Referring to fig. 2 and 3, in one embodiment, a single strand of the wick 11 is wound around itself to form the suspension loop 12, and/or a plurality of strands of the wick 11 are interconnected to form the suspension loop 12; the suspension ring 12 is suspended on the mounting part 400, so that the suspension ring 12 is suspended and connected with the mounting part 400, and the connection mode is simple and quick. Of course, the manner in which the core string 11 is connected to the mounting portion 400 is not limited to the above or shown in the drawings, and for example, the core string 11 is bonded to the mounting portion 400.
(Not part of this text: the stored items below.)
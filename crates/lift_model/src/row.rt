ghost use Rattle.std.specs.Prelude.{◌≡◌};
ghost use Rattle.lift_model.specs.Model.{support, choices_support};

use crate::entry::Entry;

/// A choice of a state: its entries, in order.
#[derive(Drop)]
pub struct Row {
    entries: Vec<Entry>,
    support: u16,
    // nothing is promised of it
    hash: u64,
}

impl std::marker::Model for Row {
    ghost use Rattle.std.specs.Prelude.{◌≡◌, List};
    ghost use Rattle.lift_model.specs.Model.{support as support_of};
    ghost use Rattle.lift_model.specs.declared.entry.Entry.{Entry};

    ghost Value = { List Entry };

    ghost view = { λ r. r.entries.items };

    ghost invariant = { λ r. r.support ≡ support_of r.entries.items };
}

/// The set of the parameters that occur in the entries.
fn support_of(entries: &[Entry]) -> u16
    ensures { result ≡ support entries.now }
{
    let mut set = 0;
    for entry in entries {
        set |= entry.poly.support();
    }
    set
}

/// A hash, and one number more.
fn mixed(hash: u64, number: u64) -> u64 {
    (hash.rotate_left(5) ^ number).wrapping_mul(0x9e37_79b9_7f4a_7c15)
}

/// A hash of the polynomials, by which equal rows are looked for.
fn hash_of(entries: &[Entry]) -> u64 {
    let mut hash = 0;
    for entry in entries {
        let poly = &entry.poly;
        for index in 0..poly.len() {
            let (set, coefficient) = poly.term(index);
            hash = mixed(hash, u64::from(set));
            hash = mixed(hash, (coefficient.unsigned_abs() % (1 << 64)) as u64);
        }
        hash = mixed(hash, 1);
    }
    hash ^ (hash >> 32)
}

impl Row {
    /// The row with these entries. Takes no memory, and is linear in the number of their terms.
    pub fn new(entries: Vec<Entry>) -> Self
        ensures { result ≡ entries.items }
    {
        let support = support_of(&entries);
        let hash = hash_of(&entries);
        Row {
            entries,
            support,
            hash,
        }
    }

    /// The entries.
    pub fn entries(&self) -> &[Entry]
        ensures { result.now ≡ self.now }
    {
        &self.entries
    }

    /// The set of the parameters that occur in the entries.
    pub fn support(&self) -> u16
        ensures { result ≡ support self.now }
    {
        self.support
    }

    /// A hash of the polynomials, made with the row. Rows with the same polynomials have the same, of which
    /// nothing is promised.
    pub(crate) fn hash(&self) -> u64 {
        self.hash
    }
}

/// The set of the parameters that occur in these rows.
pub(crate) fn choices_support(choices: &[Row]) -> u16
    ensures { result ≡ choices_support choices.now }
{
    let mut set = 0;
    for row in choices {
        set |= row.support();
    }
    set
}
Specifically, when the suspension loop 12 is formed by connecting a plurality of strands of the core rope 11 to each other, for example, every two strands of the core rope 11 are connected to each other to form the suspension loop 12; in other embodiments, the manner of forming the suspension loop 12 is not limited to the manner of forming the single-strand or two-strand core rope 11 as described above.

Preferably, the suspension loop 12 is formed by connecting two spaced cords 11, so that the pulling force of the cords 11 on the entire compensating cable 10 is more uniform. For example, referring specifically to fig. 2 and/or fig. 3, the number of strands of the core rope 11 is four, and the four strands of core ropes 11 are sequentially labeled as a core rope a, a core rope b, a core rope c, and a core rope d along the width direction of the compensating cable 10; wherein, the core rope a and the core rope c of mutual interval are connected and are formed and hang ring 12, and the core rope b and the core rope d of mutual interval are connected and are formed another and hang ring 12, and wherein two loop 12 that hang exist crisscross condition to the traction force of compensation cable 10 to the holistic traction force of compensation cable 10 is more balanced, avoids compensation cable 10 because the atress is uneven in the junction with installation department 400, thereby avoids compensation cable 10 to take place to rock at the junction. Of course, in other embodiments, the manner of forming the suspension loop 12 is not limited to the above or shown in the drawings, and for example, the suspension loop 12 may be formed by connecting two adjacent core strings 11 to each other.

The mounting part 400 is provided with at least two first hanging holes 401; wherein the core rope 11 penetrates through one of the first hanging holes 401 and penetrates out of the other first hanging hole 401, so that the hanging ring 12 formed by the core rope 11 is arranged on one side surface of the mounting part 400, and the hanging ring 12 is buckled with the mounting part 400. The first hanging hole 401 is formed in the mounting part 400 to mount the hanging ring 12, so that the mounting mode is simple, other auxiliary connecting structures are not required to be additionally arranged, the structure of the compensation device is simplified, and the structural cost is reduced; and also facilitates the simplification of the installation step of the core rope 11.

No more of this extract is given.